虎子帶著他的新部隊,正在進行最後的磨合訓練。
怎麽編隊衝鋒,怎麽步車協同,怎麽在運動中射擊。這些都是新課題,沒人教,全靠自己摸索。
有時候車陷在泥裏了,有時候發動機過熱開鍋了,甚至有時候因為視線不好兩輛車撞在了一起。
但在李梟的嚴令下,訓練一天也沒停過。
因為他知道,留給他們的時間不多了。
……
5月28日,傍晚。
機要室裏,劉電摘下耳機,神色匆匆的跑進作戰室。
“師長!陳樹藩動手了!”
“終於來了。”
李梟正在吃晚飯,聽到這話,把筷子一放。
“他們到哪了?”
“主力正在向鹹陽西郊集結。陳樹藩的指揮部設在鹹陽城內。”
劉電指著地圖上的紅點。
“根據截獲的電報,他們計劃在後天,對興平發起總攻。口號是踏平興平,活捉李梟。”
“端午節?”
李梟笑了笑。
“他倒是會挑日子。想拿我的腦袋去祭龍舟?”
李梟站起身,走到地圖前。
“既然他來了,那咱們就別藏著掖著了。”
“傳令!”
李梟的聲音瞬間變得殺氣騰騰。
“趙瞎子的第一旅,今晚秘密的運動到興平城東五裏的那個高坡後埋伏。那是陳樹藩必經之路的側翼。”
“王大錘的第二旅,正麵展開,依托有利地形,給我擺出一副死守的架勢。要讓陳樹藩覺得,咱們是被嚇破了膽,隻能縮在殼子裏捱打。

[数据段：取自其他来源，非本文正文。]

//! Laws of pictures.

ghost use Rattle.std.specs.Prelude.{◌≡◌, ℕ, ◌<◌};
ghost use Rattle.pcl_base.specs.Size.{page_width, page_height};
ghost use Rattle.pcl_bitmap.specs.Bitmap.{Picture, IsPicture, dot};

/// Bitmaps of one size and resolution whose dots agree on the page are the same. A law: the call does
/// nothing.
pub fn same_dots_same_bitmap()
    ensures { (p q : Picture) → IsPicture p → IsPicture q → p.size ≡ q.size → p.dpi ≡ q.dpi
        → ((x y : ℕ) → x < page_width p.size p.dpi → y < page_height p.size p.dpi → dot p x y ≡ dot q x y)
        → p ≡ q }
{}
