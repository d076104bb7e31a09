//! The bitmap of a page.

ghost use Rattle.std.specs.Prelude.{◌≡◌, ℕ, ◌+◌, ◌*◌, ◌/◌, ◌<◌, ◌≤◌, ◌↔◌, ◌||◌, false, length, All, IsTrue, IfOk, if◌then◌else◌};
ghost use Rattle.pcl_base.specs.Size.{page_width, page_height, page_row_bytes};
ghost use Rattle.pcl_bitmap.specs.Bitmap.{IsPicture, row_of, dot_of_row, dot, blank_picture};
ghost use Rattle.pcl_bitmap.specs.Dots.{is_black_ink, raster_dot, rectangle_dot, pattern_dot};

use crate::area::Area;
use crate::filled::Filled;
use crate::patterns::{self, Clip};
use crate::{Ink, bits, fills, kernels, squares};
use pcl_base::{Dpi, Size};
use std::alloc::{AllocError, Global};
use std::marker::Model;

/// The dots of a page: rows of whole bytes, the left dot of each eight in the highest bit, 1 black.
/// Bits past the width of the page are always clear.
#[derive(Clone, Debug, Drop)]
pub struct Bitmap {
    size: Size,
    dpi: Dpi,
    bytes: Vec<u8>,
    // What was filled last, as far as its dots are known to have the ink still.
    filled: Filled,
}

impl Model for Bitmap {
    ghost use Rattle.pcl_bitmap.specs.Bitmap.{Picture};
    ghost use Rattle.pcl_bitmap.specs.Filled.{IsBitmap};

    ghost Value = { Picture };

    ghost view = { λ a. record { size = a.size; dpi = a.dpi; bytes = a.bytes.items } };

    ghost invariant = { λ a. IsBitmap record { size = a.size; dpi = a.dpi; bytes = a.bytes.items } a.filled };
}

impl Bitmap {
    /// A white page. It fails where memory runs out.
    pub fn new(alloc: Global, size: Size, dpi: Dpi) -> Result<Bitmap, AllocError>
        ensures blank { IfOk result (λ page. page ≡ blank_picture size dpi) }
        ensures dots { IfOk result (λ page. (x y : ℕ) → dot page x y ≡ false) }
        ensures picture { IfOk result (λ page. IsPicture page) }
    {
        let count = size.height(dpi) as usize * size.row_bytes(dpi);
        Ok(Bitmap {
            size,
            dpi,
            bytes: vec![in alloc; 0; count]?,
            filled: Filled::nothing(),
        })
    }

    /// The size of the page.
    pub fn size(&self) -> Size
        ensures value { result ≡ self.now.size }
        ensures picture { IsPicture self.now }
    {
        self.size
    }

    /// The resolution of the page.
    pub fn dpi(&self) -> Dpi
        ensures value { result ≡ self.now.dpi }
        ensures picture { IsPicture self.now }
    {
        self.dpi
    }

    /// The bytes of row `y`, the topmost row 0.
    pub fn row(&self, y: u32) -> &[u8]
        requires { y < page_height self.now.size self.now.dpi }
        ensures bytes { result.now ≡ row_of self.now y }
        ensures len { length result.now ≡ page_row_bytes self.now.size self.now.dpi }
        ensures in_bytes { All (λ byte. byte < 256) result.now }
        ensures clear_pads { (x : ℕ) → page_width self.now.size self.now.dpi ≤ x → dot_of_row result.now x ≡ false }
    {
        let len = self.size.row_bytes(self.dpi);
        let start = y as usize * len;
        &self.bytes[start..start + len]
    }

    /// The bytes of all rows, one row after the other.
    pub fn bytes(&self) -> &[u8]
        ensures bytes { result.now ≡ self.now.bytes }
        ensures picture { IsPicture self.now }
    {
        &self.bytes
    }

    /// Whether row `y` has no black dot, the topmost row 0.
    pub fn is_blank(&self, y: u32) -> bool
        requires { y < page_height self.now.size self.now.dpi }
        ensures bytes { IsTrue result ↔ All (λ byte. byte ≡ 0) (row_of self.now y) }
        ensures dots { IsTrue result ↔ ((x : ℕ) → x < page_width self.now.size self.now.dpi → dot self.now x y ≡ false) }
    {
        kernels::is_zero(self.row(y))
    }

    /// Makes the page white. It takes no memory.
    pub fn clear(&mut self)
        ensures blank { self.new ≡ blank_picture self.old.size self.old.dpi }
        ensures dots { (x y : ℕ) → dot self.new x y ≡ false }
        ensures picture { IsPicture self.new }
    {
        self.filled = Filled::nothing();
        self.bytes.fill(0);
    }

    /// Paints a row of raster data from the dot `x` of row `y` on to the right. The first `width`
    /// bits of `row`, high bits first, are raster dots, each a square of `scale` dots, and each set
    /// bit inks its square (docs/LANGUAGE.md, "Raster graphics"). What lies past the right or the
    /// lower edge of the page is left out, and a clear bit changes nothing.
    pub fn paint_row(&mut self, x: u32, y: u64, scale: u32, width: u32, row: &[u8])
        requires scale { (1 ≤ scale) × (scale ≤ 8) }
        requires bits { width ≤ 8 * length row.now }
        ensures size { self.new.size ≡ self.old.size }
        ensures dpi { self.new.dpi ≡ self.old.dpi }
        ensures dots { (px py : ℕ) → px < page_width self.old.size self.old.dpi → py < page_height self.old.size self.old.dpi
            → dot self.new px py ≡ (raster_dot x y scale width row.now px py || dot self.old px py) }
        ensures picture { IsPicture self.new }
    {
        let page_width = self.size.width(self.dpi);
        let page_height = u64::from(self.size.height(self.dpi));
        if x >= page_width || y >= page_height {
            return;
        }
        let columns = u64::from(width) * u64::from(scale);
        let area = Area {
            x: x as usize,
            y: y as usize,
            width: columns.min(u64::from(page_width - x)) as usize,
            height: u64::from(scale).min(page_height - y) as usize,
        };
        let row_bytes = self.size.row_bytes(self.dpi);
        self.filled = self.filled.under_black();
        squares::paint_squares(&mut self.bytes, row_bytes, area, scale as usize, row);
    }

    /// Inks a rectangle of `w` by `h` dots whose upper left corner is the dot `(x, y)`. What lies
    /// past the right or the lower edge of the page is left out (docs/LANGUAGE.md, "Rectangles").
    pub fn fill(&mut self, x: u32, y: u32, w: u64, h: u64, ink: Ink)
        ensures size { self.new.size ≡ self.old.size }
        ensures dpi { self.new.dpi ≡ self.old.dpi }
        ensures dots { (px py : ℕ) → px < page_width self.old.size self.old.dpi → py < page_height self.old.size self.old.dpi
            → dot self.new px py ≡ (if rectangle_dot x y w h px py then is_black_ink ink else dot self.old px py) }
        ensures picture { IsPicture self.new }
    {
        let page_width = self.size.width(self.dpi);
        let page_height = self.size.height(self.dpi);
        if x >= page_width || y >= page_height {
            return;
        }
        let area = Area {
            x: x as usize,
            y: y as usize,
            width: w.min(u64::from(page_width - x)) as usize,
            height: h.min(u64::from(page_height - y)) as usize,
        };
        if self.filled.has(area, ink) {
            return;
        }
        let row_bytes = self.size.row_bytes(self.dpi);
        self.filled = Filled { area, ink };
        fills::fill_rows(&mut self.bytes, row_bytes, area, ink);
    }

    /// Paints the pattern of a character, whose first bit is at the dot `(x, y)`. It has `height` rows of
    /// `width` bits in whole bytes, high bits first, each bit a square of `scale` dots; the first may lie
    /// left of or above the page (PCL 5 manual, "Soft Font Creation"). Each set bit inks its square; what
    /// lies off the page is left out, and a clear bit changes nothing.
    pub fn blit(&mut self, x: i32, y: i32, width: u16, height: u16, rows: &[u8], scale: u32)
        requires scale { (1 ≤ scale) × (scale ≤ 2) }
        requires rows { height * ((width + 7) / 8) ≤ length rows.now }
        ensures size { self.new.size ≡ self.old.size }
        ensures dpi { self.new.dpi ≡ self.old.dpi }
        ensures dots { (px py : ℕ) → px < page_width self.old.size self.old.dpi → py < page_height self.old.size self.old.dpi
            → dot self.new px py ≡ (pattern_dot x y scale width height rows.now px py || dot self.old px py) }
        ensures picture { IsPicture self.new }
    {
        let page_width = self.size.width(self.dpi) as usize;
        let page_height = self.size.height(self.dpi) as usize;
        let (left, skip_x) = patterns::start_and_skip(x);
        let (top, skip_y) = patterns::start_and_skip(y);
        if left >= page_width || top >= page_height {
            return;
        }
        let scale = scale as usize;
        let columns = usize::from(width) * scale;
        let lines = usize::from(height) * scale;
        let area = Area {
            x: left,
            y: top,
            width: columns.saturating_sub(skip_x).min(page_width - left),
            height: lines.saturating_sub(skip_y).min(page_height - top),
        };
        let clip = Clip {
            row_bytes: usize::from(width).div_ceil(8),
            scale,
            x: skip_x,
            y: skip_y,
        };
        let row_bytes = self.size.row_bytes(self.dpi);
        self.filled = self.filled.under_black();
        patterns::or_pattern(&mut self.bytes, row_bytes, area, clip, rows);
    }
}
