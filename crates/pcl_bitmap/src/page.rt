//! Pages, and what takes them.

ghost use Rattle.std.specs.Prelude.{◌≡◌, ◌≤◌, OnOk, OnErr};
ghost use Rattle.pcl_base.specs.Limits.{copies_limit};
ghost use Rattle.pcl_bitmap.specs.Bitmap.{IsPicture};

use crate::bitmap::Bitmap;
use pcl_base::{Dpi, Size};
use std::alloc::AllocError;

/// A page that a job ejected.
#[derive(Debug, Drop)]
pub struct Page {
    /// The size of the page.
    pub size: Size,
    /// How many copies are printed, 1 to 99.
    pub copies: u8,
    /// The resolution of the page.
    pub dpi: Dpi,
    /// The dots, which have the page's size and resolution.
    pub bitmap: Bitmap,
    ghost copies_in_range: { (1 ≤ copies) × (copies ≤ copies_limit) },
    ghost size_is: { bitmap.size ≡ size },
    ghost dpi_is: { bitmap.dpi ≡ dpi },
    ghost picture: { IsPicture bitmap },
}

impl Page {
    ghost use Rattle.std.specs.Prelude.{IfOk};
    ghost use Rattle.pcl_bitmap.specs.Page.{IsSamePage};

    /// The same page once more.
    pub fn try_clone(&self) -> Result<Page, AllocError>
        ensures { IfOk result (λ page. IsSamePage self.now page) }
    {
        Ok(Page {
            size: self.size,
            copies: self.copies,
            dpi: self.dpi,
            bitmap: self.bitmap.clone()?,
        })
    }
}

/// What takes the pages of a job, one at a time.
pub trait PageSink {
    ghost use Rattle.pcl_bitmap.specs.declared.page.Page.{Page};

    /// What taking a page does to the sink.
    ghost takes: { Self → Page → Self → Type 0 };

    /// Takes the next page. Where memory runs out the sink stays as it was.
    fn page(&mut self, page: &Page) -> Result<(), AllocError>
        ensures taken { OnOk result (takes self.old page.now self.new) }
        ensures kept { OnErr result (self.new ≡ self.old) };
}
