//! Rectangles of dots that lie on a page.

/// A rectangle of dots within a page: its upper left dot, and how many dots wide and high it is.
#[derive(Clone, Copy, Debug)]
pub struct Area {
    pub x: usize,
    pub y: usize,
    pub width: usize,
    pub height: usize,
}
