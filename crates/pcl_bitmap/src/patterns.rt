//! Patterns of bits that are set on a page, as the characters of a soft font are.

ghost use Rattle.std.specs.Prelude.{◌≡◌, ℕ, ◌+◌, ◌-◌, ◌*◌, ◌/◌, ◌^◌, ◌<◌, ◌≤◌, nat_le, ◌||◌, if◌then◌else◌, Some, None, length, drop, All};
ghost use Rattle.pcl_base.specs.Limits.{row_limit};
ghost use Rattle.pcl_bitmap.specs.Bitmap.{bit_of_byte, dot_of_row};
ghost use Rattle.pcl_bitmap.specs.Dots.{rectangle_dot, dots_past};

use crate::area::Area;
use crate::bits::{bits_of_pair, byte_at, or_bits};
use crate::squares::{SPREAD_LIMIT, spread_row};
use pcl_base::ROW_LIMIT;

/// What of a pattern is seen: all from the dot `(x, y)` of its own on, where its rows have `row_bytes` bytes
/// each and its bits are squares of `scale` dots.
#[derive(Clone, Copy)]
pub struct Clip {
    pub row_bytes: usize,
    pub scale: usize,
    pub x: usize,
    pub y: usize,
}

/// Where on a page an edge at `place` stands, and how many dots after it lie before the page.
pub fn start_and_skip(place: i32) -> (usize, usize)
    ensures dots { (p : ℕ) → dots_past place p ≡ (if nat_le result.0 p then Some (p + result.1 - result.0) else None) }
    ensures small { (result.0 ≤ 2 ^ 31) × (result.1 ≤ 2 ^ 31) }
{
    let distance = place.unsigned_abs() as usize;
    if place < 0 {
        (0, distance)
    } else {
        (distance, 0)
    }
}

// Eight bits of a row from bit `start` on. Bits past its end are clear.
fn eight_bits_from(row: &[u8], start: usize) -> u8
    ensures { (k : ℕ) → k < 8 → bit_of_byte result k ≡ dot_of_row row.now (start + k) }
{
    let first = byte_at(row, start / 8);
    let second = byte_at(row, start / 8 + 1);
    bits_of_pair(first, second, 8 - start % 8)
}

// Writes the bits of a row from bit `start` on to all of `target`. Bits past its end are clear.
fn write_bits(target: &mut [u8], row: &[u8], start: usize)
    requires { (start ≤ 2 ^ 32) × (length target.old ≤ row_limit) }
    ensures { (k : ℕ) → k < 8 * length target.old → dot_of_row target.new k ≡ dot_of_row row.now (start + k) }
{
    for i in 0..target.len() {
        target[i] = eight_bits_from(row, start + 8 * i);
    }
}

// Writes the dots of a row whose bits are written `scale` times each, from the dot `start` on, to all of
// `target`.
fn write_dots(target: &mut [u8], row: &[u8], scale: usize, start: usize)
    requires scale { (1 ≤ scale) × (scale ≤ 8) }
    requires small { (start ≤ 2 ^ 32) × (length target.old ≤ row_limit) }
    ensures { (k : ℕ) → k < 8 * length target.old → dot_of_row target.new k ≡ dot_of_row row.now ((start + k) / scale) }
{
    if scale == 1 {
        write_bits(target, row, start);
    } else {
        let mut spread = [0; SPREAD_LIMIT];
        let first = start / (8 * scale);
        let rest = start % (8 * scale);
        let count = (rest + 8 * target.len()).div_ceil(8 * scale);
        spread_row(&mut spread, scale, row, first, count);
        if rest == 0 {
            target.copy_from_slice(&spread[..target.len()]);
        } else {
            write_bits(target, &spread, rest);
        }
    }
}

/// Sets the dots of an area of a page that has `row_bytes` bytes a row where the pattern has a bit set,
/// the first dot of the clip at the area's upper left corner.
pub fn or_pattern(page: &mut [u8], row_bytes: usize, area: Area, clip: Clip, rows: &[u8])
    requires scale { (1 ≤ clip.scale) × (clip.scale ≤ 8) }
    requires skipped { (clip.x ≤ 2 ^ 32) × (clip.y ≤ 2 ^ 32) }
    requires bits { (j : ℕ) → j < area.height → (j + clip.y) / clip.scale * clip.row_bytes ≤ length rows.now }
    requires narrow { area.width ≤ 8 * row_limit }
    requires wide { area.x + area.width ≤ 8 * row_bytes }
    requires high { (area.y + area.height) * row_bytes ≤ length page.old }
    requires small { length page.old < 2 ^ 32 }
    requires below { area.y + area.height < 2 ^ 32 }
    ensures dots { (px py : ℕ) → px < 8 * row_bytes → let place = 8 * (py * row_bytes) + px in
        let bit_row = (py - area.y + clip.y) / clip.scale in
        dot_of_row page.new place ≡ (if rectangle_dot area.x area.y area.width area.height px py
        then dot_of_row (drop (bit_row * clip.row_bytes) rows.now) ((clip.x + (px - area.x)) / clip.scale)
        || dot_of_row page.old place
        else dot_of_row page.old place) }
    ensures in_bytes { All (λ byte. byte < 256) page.new }
{
    if clip.scale == 1 && clip.x == 0 {
        or_whole_rows(page, row_bytes, area, clip, rows);
        return;
    }
    let mut dots = [0; ROW_LIMIT];
    let count = area.width.div_ceil(8);
    for row in area.y..area.y + area.height {
        let line = row - area.y + clip.y;
        if row == area.y || line % clip.scale == 0 {
            let source = &rows[line / clip.scale * clip.row_bytes..];
            write_dots(&mut dots[..count], source, clip.scale, clip.x);
        }
        let start = 8 * (row * row_bytes) + area.x;
        or_bits(page, start, start + area.width, &dots[..count]);
    }
}

// The same of a pattern whose bits are dots, and whose rows are seen from their first dot on.
fn or_whole_rows(page: &mut [u8], row_bytes: usize, area: Area, clip: Clip, rows: &[u8])
    requires skipped { clip.y ≤ 2 ^ 32 }
    requires bits { (j : ℕ) → j < area.height → (j + clip.y) * clip.row_bytes ≤ length rows.now }
    requires wide { area.x + area.width ≤ 8 * row_bytes }
    requires high { (area.y + area.height) * row_bytes ≤ length page.old }
    requires small { length page.old < 2 ^ 32 }
    requires below { area.y + area.height < 2 ^ 32 }
    ensures dots { (px py : ℕ) → px < 8 * row_bytes → let place = 8 * (py * row_bytes) + px in
        dot_of_row page.new place ≡ (if rectangle_dot area.x area.y area.width area.height px py
        then dot_of_row (drop ((py - area.y + clip.y) * clip.row_bytes) rows.now) (px - area.x)
        || dot_of_row page.old place
        else dot_of_row page.old place) }
    ensures in_bytes { All (λ byte. byte < 256) page.new }
{
    for row in area.y..area.y + area.height {
        let source = &rows[(row - area.y + clip.y) * clip.row_bytes..];
        let start = 8 * (row * row_bytes) + area.x;
        or_bits(page, start, start + area.width, source);
    }
}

”
“至於趙剛的第三旅……”
李梟想了想。
“讓他們留守興平城。學生兵槍法準,守城最合適。”
“那虎子的鐵甲連呢?”宋哲武問道。
李梟的目光落在了地圖上的一片開闊地——鹹陽與興平之間的渭河平原。
那裏一馬平川,沒有遮擋,最適合大兵團展開,也最適合裝甲衝鋒。
“讓虎子帶著鐵甲連,還有那一千名騎兵,今晚悄悄的出城。”
李梟的手指在地圖上畫了一道弧線。
“繞到北邊的那片槐樹林裏藏起來。那是陳樹藩視線的死角。”
“告訴虎子,陳樹藩進攻的時候,不論前麵的仗打得再熱鬧,他都不許動。”
“一直等到陳樹藩的主力全部展開,全部壓上來,認為勝券在握的時候……”
李梟猛的握緊拳頭。
“讓他給我從側後方殺出來!”
“把他陳樹藩的大陣,給我攔腰切斷!”
“我要讓他那五萬大軍,在這個平原上,徹底潰散!”
……
深夜,興平城外。
二十輛被蓋上了偽裝網的裝甲卡車,在夜色的掩護下,悄無聲息的駛出了修械所的大門。
為了減小噪音,排氣管上都包了棉布。
虎子坐在第一輛車的駕駛室裏,手撫摸著冰冷的方向盤,眼神銳利。
“弟兄們,都給老子檢查好了!”
虎子通過一根連線到車廂的鐵管子喊道。
“明天的仗,是咱們鐵甲連的滿月酒。誰要是給老子掉鏈子,老子饒不了他!”
“營長放心!早就憋壞了!”
後麵的車廂裏,機槍手們正在給彈鏈抹油,彈藥手抱著一箱箱手雷,各自檢查著武器。
車隊消失在茫茫夜色中,潛伏進了那片預定的槐樹林。